Find tips and tricks to make your garden or allotment flourish on our Gardening forum.

Leaf mold and compost

4 replies

didireallysaythat · 05/09/2015 20:25

I have a pike of two year old leaf mold and probably about four times as much compost.
I've also bags of not very rottened horse manure which I was planning to put in the bottom of the compost bays once I empty them.

Our soil is poor, thin, not clay but little organic matter in there (can't remember the last time I saw a worm).

Is there anything in a garden that would particularly benefit from leaf mold or should I just dig in the compost and mulch liberally with the leaf mold ?

OP posts:
SlipperyJack · 05/09/2015 20:27

What plants do you already have?

DoreenLethal · 05/09/2015 20:30

Just mulch with it all - mix the compost and leaf mould and pile it thickest where you will have hungry plants next year - don't dig it in. The worms should come and find it and drag it down for you.

didireallysaythat · 05/09/2015 20:47

I've a bit of everything - old fruit trees, new fruit tree, new hornbeam hedge, three raised beds (fab the first year - rubbish this year although the raspberries have been good), geraniums, penstemons that aren't thriving, a lot of a big daisy thing I hate, hellebores en masse, Japanese anemones taking over the world, and a new border with ferns which isn't looking great (I bought small plants because of ££ but they haven't grown much this year).
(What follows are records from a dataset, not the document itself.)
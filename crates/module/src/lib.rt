// From the slices of the lowering's state to the module's bytes. Each writer writes from the start of the output that it is lent and answers
// how many bytes it wrote; the next one is lent the rest, from that byte on. What is to be written is measured first.
#![tactic(auto)]

mod list; // list.rt: lists of any elements
pub mod words; // words.rt: instructions from their words
mod symbols; // symbols.rt: symbols and strings
mod heights; // heights.rt: the number in a function's record
mod functions; // functions.rt: functions with their instructions
mod classes; // classes.rt: classes with their methods, constants
mod sections; // sections.rt: the sections from the areas

ghost use Rattle.std.specs.Prelude.{◌≡◌, ◌≤◌, ◌<◌, ◌^◌, length};
ghost use Rattle.definitions.specs.Module.{module_bytes};
ghost use Rattle.state.specs.State.{tables_of};
ghost use Rattle.writing.specs.Wrote.{Wrote};

use numerals::sizes::{HEAD, MODULE_VERSION};
pub use sections::Lowered;
use writing::numbers::write_head;

impl Lowered<'_> {
    // The bytes of the module.
    pub fn size(&self) -> usize
        ensures { let s = self.now in (result ≡ length (module_bytes (tables_of s.tree.now s.made.now s.code.now s.tables.now s.counts))) × (result < 2 ^ 32) }
    {
        HEAD + self.texts_size() + self.bodies_size()
    }

    // The module, whose size was asked before.
    pub fn write(&self, size: usize, out: &mut [u8]) -> usize
        requires { let s = self.now in (size ≡ length (module_bytes (tables_of s.tree.now s.made.now s.code.now s.tables.now s.counts))) × (size < 2 ^ 32) × (size ≤ length out.old) }
        ensures { let s = self.now in Wrote result (module_bytes (tables_of s.tree.now s.made.now s.code.now s.tables.now s.counts)) out.old out.new }
    {
        let mut at = write_head(size, MODULE_VERSION, out);
        at += self.write_texts(&mut out[at..]);
        at + self.write_bodies(&mut out[at..])
    }
}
I'd like the raised beds, ferns and one over grown border to improve.

OP posts:
AncestralRhubarb · 06/09/2015 08:43

Mulch the ferns with the leaf mould (they need a low nutrient mulch). Compost on your raised beds as it is richer.

Would you like to start again with your overgrown border? I would dig everything out, rake level, then use the lasagne method over the winter to kill weeds and improve the soil, ready for replanting in spring.

The lasagne method basically involves laying down cardboard or newspaper over the whole bed, then a layer of grass clippings, then a layer of manure, another layer of cardboard and so on. (Google lasagne method for more info). If you do this now, you should be able to plant directly into lovely black soil alive with worms by the spring. Or some authorities say leave it for a year, but it depends on if you've got a bad weed problem or not.